The Google-built TensorFlow 1.15.0 version in Maven Central is built for CUDA 10.0, cuDNN 7.5, and the CPU module wasn't compiled with the same optimizations that are now standard with the Python module.
For production use, you'd absolutely want to do your own series of builds of the
libtensorflow_jni
and libtensorflow_jni_gpu
libraries and JARs for a matrix of
CUDA and cuDNN library versions, AVX, AVX2, and Intel MKL. Then leverage LD_LIBRARY_PATH
to select the correct CUDA and cuDNN library versions when running your application.
One could say that you could just standardize your organization on certain versions, but that's easier said than done, given how fast the libraries are developing, and the need for almost all user organizations to be a part of the developer landscape at this point of time.
The current JVM abstraction for TensorFlow graph instantiation requires you to read the whole
Protocol Buffer graph file in memory before instantiation, which might be a problem for certain
situations in which you don't actually need a large heap, since all significant processing gets
done in GPU memory, but since your graph file is > 500MB, you must set -Xmx1g
.
For this use case, go with the MobileNetV2 models, since their resource to performance ratio is currently best.
Nowhere mentioned in the TensorFlow for Java documentation is the org.tensorflow:proto:1.15.0
Maven JAR, which contains the dependencies with Google Protocol Buffers that are required for
TF session configuration and reading any response metadata.
In SegmentationService.start
I'm attempting to disable the use of the GPU through the session
configuration options, let's see how that goes.
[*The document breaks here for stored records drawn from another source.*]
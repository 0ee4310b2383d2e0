//! Theorems about tokens that are spelled as lines.

ghost use Rattle.wf_block.specs.Spelling.{LinesAreReadAgain, LinesAreUtf8, NumbersAreWords, WholeNumbersAreWords};

/// The tokens of spelled lines are the tokens that were spelled. A theorem: the call does nothing.
pub fn spelled_lines_are_read_again()
    ensures { LinesAreReadAgain }
{}

/// Spelled lines are UTF-8. A theorem: the call does nothing.
pub fn spelled_lines_are_utf8()
    ensures { LinesAreUtf8 }
{}

/// The text of a number is a word, and so are the digits of an integer. A theorem: the call does
/// nothing.
pub fn numbers_are_words()
    ensures numbers { NumbersAreWords }
    ensures whole_numbers { WholeNumbersAreWords }
{}
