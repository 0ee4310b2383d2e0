//! Nodes that a caller holds, over any kind of tape: what one does with an input, the delivery of
//! their messages, and the theorems that whatever happens to them, step by step, is one run of the
//! model, so that they agree.
//!
//! **Model.** The world of `wf_model`: its nodes and all messages ever sent. `Refines`
//! (`specs/Delivery.antt`) relates the nodes and their messages to a world; node i of a list is
//! node i of n, where n is its length. A node whose tape failed is halted, and is the model's
//! stopped one.
//!
//! **Promises.**
//! - A node takes an input ([`consume`], [`hand`]): it halts, rejects it, makes its transition,
//!   fails with its tape, or loses it for want of memory, and what it sends is returned
//!   (`specs/NodeInput.antt`, [`a_step_is_answered`]).
//! - Nodes receive one another's messages by [`deliver_all`]: each message is delivered to each
//!   node in turn, until none is left or the deliveries report that they stopped early, and they
//!   report how many an allocation failure lost. Only a message that has a definition is lost, or
//!   one on which the node stores or sends something. Whatever world of the model the nodes and
//!   their messages were, at most the reported number of deliveries leads to the world that they
//!   are afterwards (`specs/Delivery.antt`). [`deliver_each`] is that loop over whatever holds the
//!   nodes ([`Recipient`]), as the entries of a farm.
//! - Successive calls are one run of the model: a step of a node, and the deliveries of the
//!   messages that it sent, lead on from whatever world the nodes were, however many messages were
//!   sent before ([`a_step_is_reachable`], [`deliveries_are_reachable`], [`reachability_goes_on`];
//!   `specs/Reachability.antt`). Nodes opened on empty tapes are the model's start ([`open_fresh`],
//!   [`fresh_nodes_are_reachable`]); nodes led on from reached nodes are reached
//!   ([`reachable_stays`]); and so are nodes opened again from what reached nodes left on their
//!   tapes ([`reopen`], [`reopened_nodes_are_reachable`]; `specs/ReopenedNodes.antt`).
//! - Reached nodes agree, and answer alike: [`reachable_nodes_agree`],
//!   [`reachable_nodes_answer_alike`].
//! - The four theorems of `wf_safety` hold for the program's definitions ([`agreement`]).
//! - Deliveries of which none is lost are those of whole rounds, of one message after the other to
//!   every node, from whatever world the nodes were ([`deliveries_are_rounds`];
//!   `specs/Rounds.antt` defines them); a farm's pump makes such rounds too. What one of three new
//!   nodes proposes is published on all three, by 27 deliveries ([`new_nodes_publish`],
//!   `specs/Publication.antt`). New nodes of which one catches up are new still
//!   ([`new_nodes_stay_new`]).
//!
//! **Doesn't.** There is no time, no promise that a message is delivered where allocations fail,
//! and none that anything is ever published where messages or deliveries are lost, or by other
//! numbers of nodes than three.
#![tactic(auto)]

mod delivery;
mod node_start;
mod progress;
mod publication;
mod reachability;
mod recipient;
mod theorem;

pub use delivery::{
    MOST_OUTPUTS, Outputs, Pumped, consume, deliver_all, deliver_each, hand, is_halted, quiet, send,
};
pub use node_start::{open_fresh, reopen};
pub use progress::{MOST_DELIVERIES, PumpProgress};
pub use publication::{deliveries_are_rounds, new_nodes_publish, new_nodes_stay_new};
pub use reachability::{
    a_step_is_reachable, deliveries_are_reachable, fresh_nodes_are_reachable, reachability_goes_on,
    reachable_nodes_agree, reachable_nodes_answer_alike, reachable_stays,
    reopened_nodes_are_reachable,
};
pub use recipient::Recipient;
pub use theorem::{
    a_step_is_answered, agreement, kept_promises, limits_are_as_defined, own_ballots,
    promised_majority,
};
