//! A file in memory.

ghost use Rattle.std.specs.Prelude.{◌≡◌, ◌++◌, take, IfOk, OnOk, OnErr, IfErr};
ghost use Rattle.wf_disk.specs.Folder.{empty_file};
ghost use Rattle.wf_disk.specs.MemoryDisk.{left_by};
ghost use Rattle.wf_disk.specs.Call.{extended, synced, doubted};

use crate::fault::DiskFault;
use std::alloc::Global;
use std::marker::Model;

/// A file in memory: its bytes, of which the first are synced, and whether a sync of it has failed.
pub(crate) struct MemoryFile {
    bytes: Vec<u8>,
    // the number of synced bytes
    synced: usize,
    doubtful: bool,
}

impl Drop for MemoryFile {
    fn drop(self) {
        let MemoryFile {
            bytes,
            synced: _,
            doubtful: _,
        } = self;
        drop(bytes);
    }
}

impl Model for MemoryFile {
    ghost use Rattle.std.specs.Prelude.{length, take, drop, ◌≤◌};
    ghost use Rattle.wf_disk.specs.Folder.{File};

    ghost Value = { File };

    ghost view = { λ f. record { synced = take f.synced f.bytes.items; rest = drop f.synced f.bytes.items; doubtful = f.doubtful } };

    ghost invariant = { λ f. f.synced ≤ length f.bytes.items };
}

impl MemoryFile {
    /// A file without bytes.
    pub(crate) fn new(alloc: Global) -> MemoryFile
        ensures { result ≡ empty_file }
    {
        MemoryFile {
            bytes: Vec::new(alloc),
            synced: 0,
            doubtful: false,
        }
    }

    /// A copy of the file's bytes.
    pub(crate) fn read(&self, alloc: Global) -> Result<Vec<u8>, DiskFault>
        ensures ok { IfOk result (λ bytes. bytes.items ≡ self.now.synced ++ self.now.rest) }
        ensures err { IfErr result (λ fault. fault ≡ DiskFault.Memory) }
    {
        match self.bytes.to_vec(alloc) {
            Ok(bytes) => Ok(bytes),
            Err(_) => Err(DiskFault::Memory),
        }
    }

    /// Appends bytes, which aren't synced. An allocation failure leaves the file as it was.
    pub(crate) fn append(&mut self, bytes: &[u8]) -> Result<(), DiskFault>
        ensures ok { OnOk result (self.new ≡ extended bytes.now self.old) }
        ensures err { OnErr result (self.new ≡ self.old) }
        ensures memory { IfErr result (λ fault. fault ≡ DiskFault.Memory) }
    {
        match self.bytes.extend_from_slice(bytes) {
            Ok(()) => Ok(()),
            Err(_) => Err(DiskFault::Memory),
        }
    }

    /// Syncs the bytes, unless a sync has failed before.
    pub(crate) fn sync(&mut self)
        ensures { self.new ≡ synced self.old }
    {
        if !self.doubtful {
            self.synced = self.bytes.len();
        }
    }

    /// Counts a sync that failed.
    pub(crate) fn doubt(&mut self)
        ensures { self.new ≡ doubted self.old }
    {
        self.doubtful = true;
    }

    /// A power cut: keeps the synced bytes and at most `keep` bytes of the rest, all of them synced
    /// then.
    pub(crate) fn cut(&mut self, keep: usize)
        ensures { self.new ≡ left_by keep self.old }
    {
        self.bytes.truncate(self.synced.saturating_add(keep));
        self.synced = self.bytes.len();
        self.doubtful = false;
    }
}
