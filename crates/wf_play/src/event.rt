//! The event of a farm that an order is, and what is written about its rejection.

ghost use Rattle.std.specs.Prelude.{◌≡◌, IfOk, OnOk, option_map, slice_get};
ghost use Rattle.wf_play.specs.Report.{IsAppended, step_rejection_line};

use crate::session::Session;
use std::alloc::AllocError;
use std::fmt::Write;
use wf_canon::Canon;
use wf_farm::{Event, Rejection};
use wf_model::Action;
use wf_script::Order;

impl<'s> Session<'s> {
    ghost use Rattle.wf_farm.specs.Event.{view as event_view};
    ghost use Rattle.wf_model.specs.Action.{numbered};
    ghost use Rattle.wf_play.specs.OrderEffect.{action_of, event_at};
    ghost use Rattle.wf_script.specs.Order.{view};

    /// The event that the order is; None if it is none, or several.
    pub(crate) fn event_of(&self, order: &Order) -> Result<Option<Event>, AllocError>
        ensures { IfOk result (λ event.
            option_map event_view event ≡ event_at self.now.script.maps (view order.now)) }
    {
        match order {
            Order::Step(node, action) => match self.action_of(*action) {
                Ok(Some(action)) => Ok(Some(Event::Act(*node, action))),
                Ok(None) => Ok(None),
                Err(error) => Err(error),
            },
            Order::Stop(node) => Ok(Some(Event::Stop(*node))),
            Order::Restart(node) => Ok(Some(Event::Restart(*node))),
            Order::Torn(node, action, kept) => match self.action_of(*action) {
                Ok(Some(action)) => Ok(Some(Event::Torn(*node, action, *kept))),
                Ok(None) => Ok(None),
                Err(error) => Err(error),
            },
            _ => Ok(None),
        }
    }

    /// The step on the farm, with a copy of the map that it names; None if the script doesn't have
    /// that.
    fn action_of(
        &self,
        action: Action<usize, usize>,
    ) -> Result<Option<Action<Canon, usize>>, AllocError>
        ensures { IfOk result (λ copied.
            option_map numbered copied ≡ action_of self.now.script.maps action) }
    {
        match action {
            Action::Propose(map) => match self.copy_of(map) {
                Ok(Some(canon)) => Ok(Some(Action::Propose(canon))),
                Ok(None) => Ok(None),
                Err(error) => Err(error),
            },
            Action::Retry => Ok(Some(Action::Retry)),
            Action::CatchUp => Ok(Some(Action::CatchUp)),
            Action::Deliver(message) => Ok(Some(Action::Deliver(message))),
        }
    }

    /// The definition of the map of this number. An order names a map of its own script, so there
    /// is one.
    fn copy_of(&self, map: usize) -> Result<Option<Canon>, AllocError>
        ensures { IfOk result (λ copy. copy ≡ slice_get self.now.script.maps map) }
    {
        let script = self.script;
        match script.map(map) {
            Some(canon) => Ok(Some(canon.copy()?)),
            None => Ok(None),
        }
    }
}

/// Appends the line about a rejected event, if it was rejected.
pub(crate) fn write_rejected(refused: Option<Rejection>, out: &mut String) -> Result<(), AllocError>
    ensures { OnOk result (IsAppended (step_rejection_line refused) out.old out.new) }
{
    match refused {
        Some(rejection) => {
            let number = rejection.number();
            writeln!(out, "refused N{number}")
        }
        None => Ok(()),
    }
}
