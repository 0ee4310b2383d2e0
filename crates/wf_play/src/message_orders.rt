//! Orders that carry messages: deliveries, pumps, and messages that are cut off on their way.

ghost use Rattle.std.specs.Prelude.{◌≡◌, true, IfErr, OnOk};
ghost use Rattle.wf_farm.specs.Carriage.{IsMemory};
ghost use Rattle.wf_farm.specs.declared.carrier.CarrierFault.TheVariants as faults;
ghost use Rattle.wf_play.specs.OrderEffect.{Delivers};
ghost use Rattle.wf_play.specs.Session.{Plays};
ghost use Rattle.wf_play.specs.Report.{IsAppended, pump_line};

use crate::session::Session;
use std::alloc::Global;
use wf_farm::{Carrier, CarrierFault, Farm, FarmFault};

impl<'s> Session<'s> {
    ghost use Rattle.std.specs.Prelude.{false};
    ghost use Rattle.wf_play.specs.OrderEffect.{ArePumped, may_use};
    ghost use Rattle.wf_play.specs.Report.{IsOneAppended, ReportsPump};
    ghost use Rattle.wf_script.specs.Order.{Cut};

    /// The messages go to the node by the carrier, one after the other.
    pub(crate) fn deliver<C: Carrier>(
        &mut self,
        alloc: Global,
        carrier: &mut C,
        node: usize,
        messages: &[usize],
    ) -> Result<(), CarrierFault>
        ensures script { self.new.script ≡ self.old.script }
        ensures does { OnOk result (Delivers node messages.now self.old.farm self.new.farm) }
        ensures faithful { C.faithful → IfErr result (λ fault. fault ≡ faults.Memory) }
        ensures plays { Plays self.old.farm self.new.farm }
    {
        deliver_in_turn(alloc, carrier, &mut self.farm, node, messages)
    }

    /// The messages that aren't pumped yet go to the nodes by the carrier.
    #[tactic(auto, using(crate::proofs::FarmCalls::pump_played, crate::proofs::FarmCalls::pump_part_played))]
    pub(crate) fn pump<C: Carrier>(
        &mut self,
        alloc: Global,
        carrier: &mut C,
        nodes: &[usize],
        out: &mut String,
    ) -> Result<(), CarrierFault>
        ensures script { self.new.script ≡ self.old.script }
        ensures does { OnOk result (ArePumped nodes.now self.old.farm self.new.farm) }
        ensures reports { OnOk result
            (IsOneAppended (ReportsPump nodes.now self.old.farm self.new.farm) out.old out.new) }
        ensures faithful { C.faithful → IfErr result (λ fault. fault ≡ faults.Memory) }
        ensures plays { Plays self.old.farm self.new.farm }
    {
        let stopped = match self.farm.pump_by(alloc, carrier, nodes) {
            Ok(stopped) => stopped,
            Err(fault) => return Err(why_not_carried(fault)),
        };
        write_pump(stopped, out)
    }

    /// The carrier sends the first bytes of the message, if it was sent and the node runs. Nothing
    /// arrives.
    pub(crate) fn cut<C: Carrier>(
        &self,
        alloc: Global,
        carrier: &mut C,
        node: usize,
        message: usize,
        bytes: usize,
    ) -> Result<(), CarrierFault>
        ensures used { IfErr result (λ _. may_use (Cut node message bytes) self.now.farm ≡ true) }
        ensures unused { may_use (Cut node message bytes) self.now.farm ≡ false →
            carrier.new ≡ carrier.old }
        ensures faithful { C.faithful → IfErr result (λ fault. fault ≡ faults.Memory) }
    {
        if self.farm.node(node).is_none() {
            return Ok(());
        }
        match self.farm.sent(message) {
            Some(message) => carrier.cut(alloc, message, bytes),
            None => Ok(()),
        }
    }
}

/// The messages go to the node, one after the other. The farm has all messages.
#[tactic(auto, using(crate::proofs::Carried::at_once_is_memory))]
fn deliver_in_turn<C: Carrier>(
    alloc: Global,
    carrier: &mut C,
    farm: &mut Farm,
    node: usize,
    messages: &[usize],
) -> Result<(), CarrierFault>
    requires { farm.old.complete ≡ true }
    ensures does { OnOk result (Delivers node messages.now farm.old farm.new) }
    ensures faithful { C.faithful → IfErr result (λ fault. fault ≡ faults.Memory) }
    ensures plays { Plays farm.old farm.new }
    ensures complete { farm.new.complete ≡ true }
{
    for message in messages {
        // Theorem: the farm is one world, so what its nodes published then is what they have
        // published now.
        farm.agree();
        if let Err(fault) = farm.deliver_by(alloc, carrier, node, *message) {
            return Err(why_not_carried(fault));
        }
    }
    Ok(())
}

/// Why a delivery of a farm wasn't made.
fn why_not_carried(fault: FarmFault) -> CarrierFault
    ensures { IsMemory fault → result ≡ faults.Memory }
{
    match fault {
        FarmFault::Memory(_) => CarrierFault::Memory,
        FarmFault::NoNode | FarmFault::Carried(_) => CarrierFault::Lost,
    }
}

/// Appends that a pump stopped early, if it did.
fn write_pump(stopped: bool, out: &mut String) -> Result<(), CarrierFault>
    ensures reported { OnOk result (IsAppended (pump_line stopped) out.old out.new) }
    ensures memory { IfErr result (λ fault. fault ≡ faults.Memory) }
{
    if stopped && out.push_str("pump stopped\n").is_err() {
        return Err(CarrierFault::Memory);
    }
    Ok(())
}
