//! How far deliveries have come.

ghost use Rattle.std.specs.Prelude.{◌≡◌, ◌+◌, ◌<◌, ◌^◌};
ghost use Rattle.wf_delivery.specs.Progress.{begun, counted, next};

/// The most deliveries of one call.
pub const MOST_DELIVERIES: usize = 100_000;

/// How far deliveries have come, message by message to each of some nodes: whole rounds, deliveries
/// of the next round, and deliveries in total.
#[derive(Clone, Copy)]
pub struct PumpProgress {
    pub whole: usize,
    pub some: usize,
    pub done: usize,
}

/// How far deliveries have come, and how many of them were lost.
#[derive(Clone, Copy)]
pub struct Delivered {
    pub progress: PumpProgress,
    pub lost: usize,
}

impl PumpProgress {
    /// Nothing is delivered yet.
    pub fn start() -> PumpProgress
        ensures { result ≡ record { whole = 0; some = 0; done = 0 } }
    {
        PumpProgress {
            whole: 0,
            some: 0,
            done: 0,
        }
    }

    /// After one more delivery, where a round has `round` deliveries.
    pub fn next(self, round: usize) -> PumpProgress
        requires part { self.some < round }
        requires whole { self.whole + 1 < 2 ^ 64 }
        requires done { self.done + 1 < 2 ^ 64 }
        ensures { result ≡ next round self }
    {
        let done = self.done + 1;
        if self.some + 1 == round {
            PumpProgress {
                whole: self.whole + 1,
                some: 0,
                done,
            }
        } else {
            PumpProgress {
                whole: self.whole,
                some: self.some + 1,
                done,
            }
        }
    }

    /// The number of the first message that isn't pumped now; it was `first` before.
    pub fn pumped(self, first: usize) -> usize
        requires { first + self.whole + begun self.some < 2 ^ 64 }
        ensures { result ≡ first + self.whole + begun self.some }
    {
        if self.some == 0 {
            first + self.whole
        } else {
            first + self.whole + 1
        }
    }
}

/// The count of lost deliveries after one more delivery.
pub(crate) fn count_lost(lost: usize, loses: bool) -> usize
    requires { lost + 1 < 2 ^ 64 }
    ensures { result ≡ counted lost loses }
{
    if loses { lost + 1 } else { lost }
}
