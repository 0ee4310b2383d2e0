ghost use Rattle.std.specs.Prelude.{◌≡◌};
ghost use Rattle.wf_disk.specs.declared.fault.DiskFault.TheVariants.{Memory};

use std::alloc::AllocError;

/// Why a call of a disk failed.
#[derive(Clone, Copy, Debug, PartialEq, Eq)]
pub enum DiskFault {
    /// The device failed, or a file that the call is about isn't there; the failure is counted.
    Device,
    /// Allocation failed; nothing has changed.
    Memory,
}

impl From<AllocError> for DiskFault {
    ghost from_gives = { λ _ fault. fault ≡ Memory };

    fn from(_: AllocError) -> Self {
        DiskFault::Memory
    }
}
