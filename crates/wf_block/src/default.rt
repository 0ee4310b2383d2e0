//! Defaults of keywords that are absent.
ghost use Rattle.std.specs.Prelude.{◌≡◌, ◌≤◌, [], IfOk, unwrap_or};
ghost use Rattle.wf_text.specs.Text.{IsText};

use std::alloc::{AllocError, Global};
use wf_text::{Text, Whole};

/// The number, or the least of its range.
pub fn or_least<const LEAST: u8, const MOST: u8>(
    slot: Option<Whole<LEAST, MOST>>,
) -> Whole<LEAST, MOST>
    requires { LEAST ≤ MOST }
    ensures { result ≡ unwrap_or slot.entry LEAST }
{
    match slot {
        Some(number) => number,
        None => Whole::new(LEAST).unwrap(),
    }
}

/// The text, or else an empty one.
pub fn text_or_empty(alloc: Global, text: Option<Text>) -> Result<Text, AllocError>
    ensures { IfOk result (λ t. t ≡ unwrap_or text []) }
{
    text_or(alloc, text, "")
}

/// The text, or else the default.
pub fn text_or(alloc: Global, text: Option<Text>, default: &str) -> Result<Text, AllocError>
    requires { IsText default.now }
    ensures { IfOk result (λ t. t ≡ unwrap_or text default.now) }
{
    match text {
        Some(text) => Ok(text),
        None => Text::from_str(alloc, default),
    }
}
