//! Theorems about nodes that a caller holds: whatever happens to them, step by step, is one run of
//! the model, and nodes reached from the model's start agree.

ghost use Rattle.wf_delivery.specs.Delivery.{AnyPart};
ghost use Rattle.wf_delivery.specs.Reachability.{AreReachable, BothAreOutput, DeliveriesAreReachable, FreshAreReachable, FreshOnTape, HaveOneAnswer, HaveOneHistory, HaveOneMapAnswer, NothingIsOutput, NothingIsReachable, ReachableStaysReachable, ReachableOnTape, StepIsReachable, ReachableIsTransitive, UnheardIsReachable};
ghost use Rattle.wf_delivery.specs.ReopenedNodes.{ReopenedAreReachable, ReopenedOnTape};

use wf_node::Node;
use wf_tape::Tape;
use wf_wms::each_query_has_one_answer;

/// A step Propose, Retry or CatchUp of a node leads the nodes on, whatever it returns, and sends
/// exactly the messages that it returns. A theorem: the call does nothing.
pub fn a_step_is_reachable<T: Tape>()
    ensures { StepIsReachable T.Tape }
{}

/// Nodes to which sent messages are delivered by [`deliver_all`](crate::deliver_all) are led on,
/// however many messages were sent before. A theorem: the call does nothing.
pub fn deliveries_are_reachable<T: Tape>()
    ensures { DeliveriesAreReachable T.Tape }
{}

/// The empty run leads nodes to themselves; two runs in turn are one run; and messages sent need
/// not be delivered. A theorem: the call does nothing.
pub fn reachability_goes_on<T: Tape>()
    ensures still { NothingIsReachable T.Tape }
    ensures again { ReachableIsTransitive T.Tape }
    ensures quiet { NothingIsOutput T.Tape }
    ensures more { BothAreOutput T.Tape }
    ensures lost { UnheardIsReachable T.Tape }
{}

/// Nodes led on from nodes that are reached from the model's start are reached. Over a durable tape
/// that also holds for whatever bytes a crash leaves of the tapes that failed. A theorem: the call
/// does nothing.
pub fn reachable_stays<T: Tape>()
    ensures any { ReachableStaysReachable T.Tape }
    ensures on_tape { ReachableOnTape T.Tape }
{}

/// Nodes with all parts empty are the model's start. A theorem: the call does nothing.
pub fn fresh_nodes_are_reachable<T: Tape>()
    ensures any { FreshAreReachable T }
    ensures on_tape { FreshOnTape T }
{}

/// Nodes opened again from what reached nodes left on their tapes are reached: they stopped and
/// restarted. If the tape of a node had failed, it may be opened from any bytes that a crash left
/// of it. A theorem: the call does nothing.
pub fn reopened_nodes_are_reachable<T: Tape, U: Tape>()
    ensures any { ReopenedAreReachable T U }
    ensures on_tape { ReopenedOnTape T U }
{}

/// The headline, for the nodes that a caller holds, over any kind of tape: if they are reached from
/// the model's start, no two of them, running or halted, have published different maps under one
/// sequence. The call does nothing.
pub fn reachable_nodes_agree<T: Tape>(nodes: &[Node<T>])
    ensures { AreReachable AnyPart nodes.now → HaveOneHistory nodes.now }
{
    let _ = nodes;
}

/// The headline's second half, for the nodes that a caller holds, over any kind of tape: if they
/// are reached from the model's start, two of them with the same last published sequence answer the
/// same query with the same bytes, the same kind and the same media type. So do two asked for the
/// same map (OGC 06-042, 7.3), whatever their last published sequences. The call does nothing.
pub fn reachable_nodes_answer_alike<T: Tape>(nodes: &[Node<T>])
    ensures proposal_state { AreReachable AnyPart nodes.now → HaveOneAnswer nodes.now }
    ensures map { AreReachable AnyPart nodes.now → HaveOneMapAnswer nodes.now }
{
    reachable_nodes_agree(nodes);
    each_query_has_one_answer();
}
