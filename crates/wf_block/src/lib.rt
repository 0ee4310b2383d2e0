//! The tokens of a mapfile and its blocks: from bytes to words, strings and lists, and from these
//! to keywords with their arguments, up to END.
//!
//! A text has a list of tokens or none (MapServer mapfile reference, the part of it that
//! `specs/Token.antt` defines as an automaton over bytes): words, strings in either quote, lists in
//! braces, white space and two kinds of comment. A mapfile is made of blocks: MAP, LAYER, CLASS and
//! so on, each a list of keywords with their arguments. This crate has what the readers of all
//! blocks share. Model: a token is its kind and its bytes, without its byte offset; a [`Parser`] is
//! the list of the remaining tokens; a reader is a function from a list of tokens to the value at
//! its front and the tokens after it, or none, as `specs/Grammar.antt` defines; a block is a table
//! of its keywords, each with what it reads and what it sets, as `specs/Steps.antt` defines.
//!
//! Promises: [`tokenize`] returns the tokens of a text, and an error only if the text has none. It
//! looks at each byte a bounded number of times. Tokens that are spelled as lines, as
//! `specs/Spelling.antt` defines, are read back as the same tokens, and such lines are UTF-8:
//! theorems about the definitions. A reader that returns a value returns what the tokens mean and
//! leaves the tokens after it; if it returns an error other than allocation failure, the tokens
//! mean nothing (`Gives` of `specs/ReadContract.antt`). [`fill_block`] keeps that promise for
//! every block whose step (`take` of [`Slots`]) does. Which error, its byte offset, and where the
//! reader is then ([`Parser::place`]: the block, the keyword, what it lacks), is tested and not
//! proved. Not here: which keywords a block has, and what it means (wf_class, wf_feature,
//! wf_mapfile), and which lines a map has (wf_canon).
//!
//! Modules: `lexer` steps over a text; each step finds a `lexeme` at its front, and the lexer
//! collects each `token`; `spelling` (theorems on how tokens are written); `parser` (readers of
//! tokens), `keyword` (words without regard to letter case), `choice` (one of a table's names),
//! `block` (keywords up to END, for any block), `place` (where the reader is), `default` (values of
//! absent keywords), `fault` (the errors of a mapfile).
#![tactic(auto)]

mod block;
mod choice;
mod default;
mod fault;
mod keyword;
mod lexeme;
mod lexer;
mod parser;
mod place;
mod spelling;
mod token;

pub use block::{Slots, fill_block, keep};
pub use choice::choose;
pub use default::{or_least, text_or, text_or_empty};
pub use fault::MapFault;
pub use keyword::{is_end, is_name};
pub use lexer::{is_slash, tokenize};
pub use parser::Parser;
pub use place::{Block, Place};
pub use spelling::{numbers_are_words, spelled_lines_are_read_again, spelled_lines_are_utf8};
pub use token::{LexFault, LexFaultKind, Token, TokenKind, Tokens};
Worst case, do it through environmental variables.
... moar hear ...
☑ Since Ubuntu 18.04 LTS is very soon coming out, I'm hoping that Google and NVidia will base their libraries on that, and we'll kind of get a reasonable baseline for all the different kinds of libraries that are required for actual application development.
☐ It would be nice if the official libraries shipped in Maven JARs would be compiled with the same optimizations as the Python libraries.
☐ org.tensorflow.Graph.importGraphDef(byte[])
should also support import from a stream, or an
off-heap bytebuffer.
DOCKER_BUILDKIT=1 docker build -t docker.mikael.io/mikaelhg/kotlin-tensorflow-segmentation-poc:1.0.0 .
docker run --gpus all -it --rm --shm-size=1g --ulimit memlock=-1 --ulimit stack=67108864 \
docker.mikael.io/mikaelhg/kotlin-tensorflow-segmentation-poc:1.0.0
Check out https://mikael.io/post/cuda-install/ for your CUDA and cuDNN installation.
LD_LIBRARY_PATH=/usr/local/cuda-10.0.130/lib64:/usr/local/cudnn-10.0-7.4.2.24/lib64 \
java -jar target/kotlin-tensorflow-segmentation-poc-1.0.0-gpu.jar
By default, the POC runs in CPU mode, which is much, much slower than the GPU mode,
which can be switched on by commenting the CPU section and uncommenting the GPU
section in the pom.yml
file.
Look in the pom.yml
file to see which version of Tensorflow is being used, then
go to the Tensorflow installation site, and make sure that you have very specifically
the mentioned MAJOR.MINOR version of all the specified libraries installed. If you have
anything else than those specific versions installed, it's very likely that the
application just won't work. That's Tensorflow for you.